VERACRUZ BAJO EL AGUA Y UN GOBIERNO REBASADO
El BOCÓN
La tragedia que dejó el huracán Priscila en Veracruz no solo exhibió la fuerza implacable de la naturaleza, sino también la fragilidad, la desorganización y la soberbia política de un gobierno estatal que reaccionó cuando ya era demasiado tarde.
Durante días, los municipios del norte del estado —Poza Rica, Álamo, Coatzintla, Gutiérrez Zamora, Tantoyuca— quedaron sepultados bajo el lodo, el miedo y el abandono.
Miles de familias perdieron sus hogares, sus pertenencias y, en muchos casos, a sus seres queridos.
Las imágenes de calles convertidas en ríos y de ciudadanos rescatados con lo mínimo contrastaban con la pasividad inicial de las autoridades veracruzanas, encabezadas por la gobernadora Rocío Nahle.
Mientras el agua subía, el gobierno bajaba la guardia.
La mandataria morenista apareció tarde, con mensajes que sonaban más a justificación que a empatía.
Minimizó el desbordamiento del río Cazones diciendo que fue “ligero”, cuando en realidad Poza Rica estaba sumergida en el agua.
No hubo advertencias tempranas, ni evacuaciones preventivas, ni coordinación efectiva con municipios que clamaban auxilio.
El resultado fue devastador: decenas de muertos, comunidades enteras incomunicadas y un sentimiento colectivo de abandono.
Veracruz se ahogó en su propia burocracia.
Sin previsión, sin seguro, sin rumbo.
A la tragedia se sumó un dato vergonzoso: el gobierno de Rocío Nahle no renovó el seguro contra desastres naturales, que venció meses antes del huracán.
Es decir, el estado enfrentó una catástrofe sin respaldo financiero para atender los daños materiales ni reconstruir viviendas.
Un error administrativo que hoy cuesta millones y que demuestra que la improvisación se volvió política pública.
Cuando la presión social creció, llegaron los sobrevuelos, las visitas relámpago, los comunicados triunfalistas.
Se repartieron despensas, se tomaron fotografías, se publicaron cifras de apoyos.
Pero la ayuda real, esa que salva vidas, tardó en llegar.
Los damnificados se sintieron usados, no atendidos.
Y mientras la mandataria presumía coordinación con dependencias federales, los pobladores de Poza Rica la recibían con reclamos y gritos de desesperación.
En esas escenas no había militancia: había dolor.
Lo que vimos en Veracruz fue el retrato de un gobierno atrapado en la arrogancia de su narrativa.
Rocío Nahle, recién llegada al cargo, se negó a reconocer la dimensión del desastre y perdió tiempo valioso en el discurso, en lugar de actuar con la urgencia que exigía la emergencia.
La gobernadora pareció más preocupada por controlar el mensaje que la crisis.
Su silencio inicial fue elocuente. Su lentitud, imperdonable.

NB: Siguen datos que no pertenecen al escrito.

// The answers of the writer and the reader of algebras as numbers, and the reader's as bytes: what the tests see of them.
#![tactic(auto)]

ghost use Rattle.std.specs.Prelude.{◌≡◌, IfOk, length};
ghost use Rattle.equivalence.specs.Refusal.{number_of};
ghost use Rattle.algebratext.specs.Bounds.{TextBounded, ReadBounded};
ghost use Rattle.head.specs.Head.{text_number, read_number, head_of};

use algebratext::AlgebraRead;
use equivalence::Refusal;
use writer::{write_byte, write_word};

// How many bytes a head has: the size, the number of operations, 16 arities.
pub const HEAD_LENGTH: usize = 18;

// A reason's number, with 64 bits.
fn wide_number(reason: Refusal) -> u64
    ensures { result ≡ number_of reason }
{
    u64::from(u8::from(reason))
}

// The writer's answer.
#[tactic(auto, unfolding(crate::specs::Head::text_number))]
pub fn text_number(answer: Result<usize, Refusal>) -> u64
    requires { TextBounded answer }
    ensures { result ≡ text_number answer }
{
    match answer {
        Ok(length) => 256 * (length as u64),
        Err(reason) => wide_number(reason),
    }
}

// The reader's answer.
#[tactic(auto, unfolding(crate::specs::Head::read_number))]
pub fn reader_number(answer: Result<AlgebraRead, Refusal>) -> u64
    requires { IfOk answer ReadBounded }
    ensures { result ≡ read_number answer }
{
    match answer {
        Ok(read) => 256 * (read.cells as u64),
        Err(reason) => wide_number(reason),
    }
}

// The head of the reader's answer.
pub fn write_head(answer: Result<AlgebraRead, Refusal>, head: &mut [u8])
    requires read_bounded { IfOk answer ReadBounded }
    requires head_len { length head.old ≡ 18 }
    ensures { head.new ≡ head_of answer }
{
    match answer {
        Ok(read) => {
            let second = write_byte(read.size, head, 0);
            let third = write_byte(read.operations as u8, head, second);
            write_word(&read.arities, head, third);
        }
        Err(_) => head.fill(0),
    }
}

Veracruz no necesita promesas de reconstrucción ni comités fotogénicos.
Necesita planeación, prevención y autoridad con carácter.
Necesita un gobierno que sepa que la empatía no se improvisa cuando el agua ya se llevó todo.
Rocío Nahle enfrenta hoy su primera gran prueba, y la ha reprobado.
Porque cuando la tragedia golpea, la verdadera diferencia entre un desastre natural y un desastre político es la capacidad de respuesta.
En Veracruz, el huracán Priscila pasó… pero el desastre del gobierno sigue ahí, instalado en cada casa perdida, en cada madre que espera ayuda, en cada familia que se pregunta por qué su gobierno llegó después que la tormenta.